The plastics
data set consists of the monthly sales (in thousands) of product A for a plastics manufacturer for five years.
autoplot(plastics, main = 'Monthly sales (in thousands) of product A for a plastics manufacturer')
There is a visible upward trend throughout 5 years. Additionally, there are seasonal fluctuations, sales start at the lowest level in the beginning of a year, peak mid-year and then slow down for the remainder of each year.
fit <- plastics %>% decompose(type = 'multiplicative')
autoplot(fit) + ggtitle('Classical multiplicative decomposition')
Yes, the results of decomposition support the assessment from part ‘a’. There few runs that suggest that some of the trend-cycle component got into remainder component because the trend-cycle has over-smoothed the data.
autoplot(plastics, series = 'Unadjusted') +
autolayer(seasadj(fit),series="Seasonally adjusted") + theme(legend.title=element_blank())
plastics_mid <- replace(plastics,30,350)
fit <- plastics_mid %>% decompose(type = 'multiplicative')
a <- autoplot(fit) + ggtitle('Multiplicative decomposition')

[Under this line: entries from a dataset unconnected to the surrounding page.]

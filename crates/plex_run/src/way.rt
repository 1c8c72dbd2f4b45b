//! What the program does, and which words say so.
ghost use Rattle.std.specs.Prelude.{◌≡◌, ◌≢◌, ◌⊎◌, ◌↔◌, ℕ, Some, None, codes, string_bytes};
ghost use Rattle.plex_run.specs.Words.{number_said, Say};
ghost use Rattle.plex_run.specs.declared.way.Way.{Way};
ghost use Rattle.plex_run.specs.declared.way.Way.TheVariants as ways;
ghost use Rattle.plex_run.specs.declared.way.Work.TheVariants as works;

use plex_load::spell::{Rigour, number};

/// How a script is run.
#[derive(Clone, Copy, Debug, PartialEq, Eq)]
pub enum Way {
    /// Its lines one after another.
    InTurn,
    /// Each caller's lines on a thread of its own.
    OnThreads,
}

/// What the words ask for.
#[derive(Clone, Copy)]
pub enum Work {
    /// The script that comes in is run in this way.
    Script(Way),
    /// The script that this number makes is run on threads.
    Load(u32),
    /// The locks of the script that comes in are done in words.
    Locks,
    /// The report that comes in behind its script is checked.
    Check,
}

// What one word asks for.
fn work_of_word(word: &String) -> Option<Work>
    ensures in_turn { (result ≡ Some (works.Script ways.InTurn))
        ↔ (string_bytes word.now ≡ codes "serial") }
    ensures on_threads { (result ≡ Some (works.Script ways.OnThreads))
        ↔ (string_bytes word.now ≡ codes "threads") }
    ensures locks { (result ≡ Some works.Locks) ↔ (string_bytes word.now ≡ codes "locks") }
    ensures check { (result ≡ Some works.Check) ↔ (string_bytes word.now ≡ codes "check") }
    ensures no_load { (n : ℕ) → result ≢ Some (works.Load n) }
{
    if word.as_str() == "serial" {
        return Some(Work::Script(Way::InTurn));
    }
    if word.as_str() == "threads" {
        return Some(Work::Script(Way::OnThreads));
    }
    if word.as_str() == "locks" {
        return Some(Work::Locks);
    }
    if word.as_str() == "check" {
        return Some(Work::Check);
    }
    None
}

// What a word and one that says a number ask for.
fn work_of_two(word: &String, numeral: &String) -> Option<Work>
    ensures load { (n : ℕ) → (result ≡ Some (works.Load n))
        ↔ ((string_bytes word.now ≡ codes "load")
        × (number_said (string_bytes numeral.now) ≡ Some n)) }
    ensures no_script { (way : Way) → result ≢ Some (works.Script way) }
    ensures no_locks { result ≢ Some works.Locks }
    ensures no_check { result ≢ Some works.Check }
{
    if word.as_str() != "load" {
        return None;
    }
    match number(Rigour::Limits, numeral.as_bytes(), 0, u32::MAX) {
        Some(n) => Some(Work::Load(n)),
        None => None,
    }
}

/// What the words ask for, where they ask for anything.
pub(crate) fn work_of(words: &[String]) -> Option<Work>
    ensures in_turn { (result ≡ Some (works.Script ways.InTurn))
        ↔ Say words.now (works.Script ways.InTurn) }
    ensures on_threads { (result ≡ Some (works.Script ways.OnThreads))
        ↔ Say words.now (works.Script ways.OnThreads) }
    ensures load { (n : ℕ) → (result ≡ Some (works.Load n)) ↔ Say words.now (works.Load n) }
    ensures locks { (result ≡ Some works.Locks) ↔ Say words.now works.Locks }
    ensures check { (result ≡ Some works.Check) ↔ Say words.now works.Check }
{
    match words {
        [word] => work_of_word(word),
        [word, numeral] => work_of_two(word, numeral),
        _ => None,
    }
}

b <- autoplot(plastics_mid, series = 'Unadjusted') + ggtitle('With seasonal adjustment') +
autolayer(seasadj(fit),series="Seasonally adjusted") + theme(legend.position="bottom") + theme(legend.title=element_blank())
grid.arrange(a, b, nrow = 1)
plastics_end <- replace(plastics,57,350)
fit <- plastics_end %>% decompose(type = 'multiplicative')
a <- autoplot(fit) + ggtitle('Multiplicative decomposition')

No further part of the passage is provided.